The problem I want to solve starts as a basic one: I want to enrich some stream message with data available in some other stream. When I start the application I want to make sure the secondary stream is loaded so I don't start reading from some empty storage. A KTable
solves this problem when I join
my stream with it as there is a correlation/sync between timestamps of both sources.
The problem is that I need access to the message headers which I don't get in a join
operation. So it seems to me I cannot use a join
but need to use a different operation, like a transform
. There I can get the headers and inspect a store. This store is fed by the secondary topic (that I was previously using to feed the KTable
).
The problem now: how do I wait for the store to load before processing new messages? Or, in other words, since there is no explicit relationship between the two topics (like there was when using a KTable
), if I start the application for the first time, when I receive a first message in the primary stream and try to find correlated data in the store (fed by the secondary stream) I will find nothing. How do I avoid this problem?

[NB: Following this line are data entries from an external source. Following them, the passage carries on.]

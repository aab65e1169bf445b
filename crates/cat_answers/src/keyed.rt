//! The contents of keys.

ghost use Rattle.std.specs.Prelude.{◌≡◌, ◌++◌, ◌∷◌, [], IfOk, OnOk, filter_map};
ghost use Rattle.std.specs.Option.{option_copied};
ghost use Rattle.cat_model.specs.Answer as answers;

use cat_codes::fault::NoMemory;
use cat_codes::seq::Seq;
use cat_keymap::key_map::KeyMap;
use cat_model::content::Content;
use cat_model::copies::copy_content;
use cat_names::key::ContentKey;
use cat_state::contents::find_content;
use cat_tables::table::Table;
use std::alloc::Global;

/// The content of a key, where it is there and the catalogue holds it.
fn content_of_key<'a>(
    contents: &'a Table<Content>,
    map: &KeyMap,
    key: &ContentKey,
) -> Option<&'a Content>
    ensures { option_copied result ≡ answers.content_of_key contents.now map.now key.now }
{
    match map.get(key) {
        None => None,
        Some(entry) => find_content(contents, &entry.hash),
    }
}

/// The same with the key.
fn keyed_content(
    contents: &Table<Content>,
    map: &KeyMap,
    key: &ContentKey,
) -> Result<Option<(ContentKey, Content)>, NoMemory>
    ensures { IfOk result
        (λ keyed. keyed ≡ answers.keyed_content contents.now map.now key.now) }
{
    match content_of_key(contents, map, key) {
        None => Ok(None),
        Some(content) => Ok(Some((key.clone()?, copy_content(content)?))),
    }
}

/// Adds the content of a key, with the key, if it has one.
fn add_keyed(
    found: &mut Seq<(ContentKey, Content)>,
    contents: &Table<Content>,
    map: &KeyMap,
    key: &ContentKey,
) -> Result<(), NoMemory>
    ensures { OnOk result
        (found.new
        ≡ found.old
        ++ filter_map (answers.keyed_content contents.now map.now) (key.now ∷ [])) }
{
    if let Some(keyed) = keyed_content(contents, map, key)? {
        found.push(keyed)?;
    }
    Ok(())
}

/// The contents of keys in their order, without keys that have none.
pub(crate) fn keyed_contents(
    alloc: Global,
    contents: &Table<Content>,
    map: &KeyMap,
    keys: &[ContentKey],
) -> Result<Seq<(ContentKey, Content)>, NoMemory>
    ensures { IfOk result
        (λ found. found ≡ filter_map (answers.keyed_content contents.now map.now) keys.now) }
{
    let mut found = Seq::new(alloc);
    for key in keys {
        add_keyed(&mut found, contents, map, key)?;
    }
    Ok(found)
}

I guess you know that you can do anything you want, like waiting and checking for timestamps, if you use a lower level API (like consumer/producer).
With a higher level API, join
is indeed what I know to force such synchronization between streams and, using a transform
that accesses the store removes this possibility, as you described.
What you could do is not do everything in a single transform
. Instead, transform
your stream by just enriching the message with explicit fields for the headers you need. Then apply a join
with the KTable
you mentioned (where you can access all headers because they are now part of the message).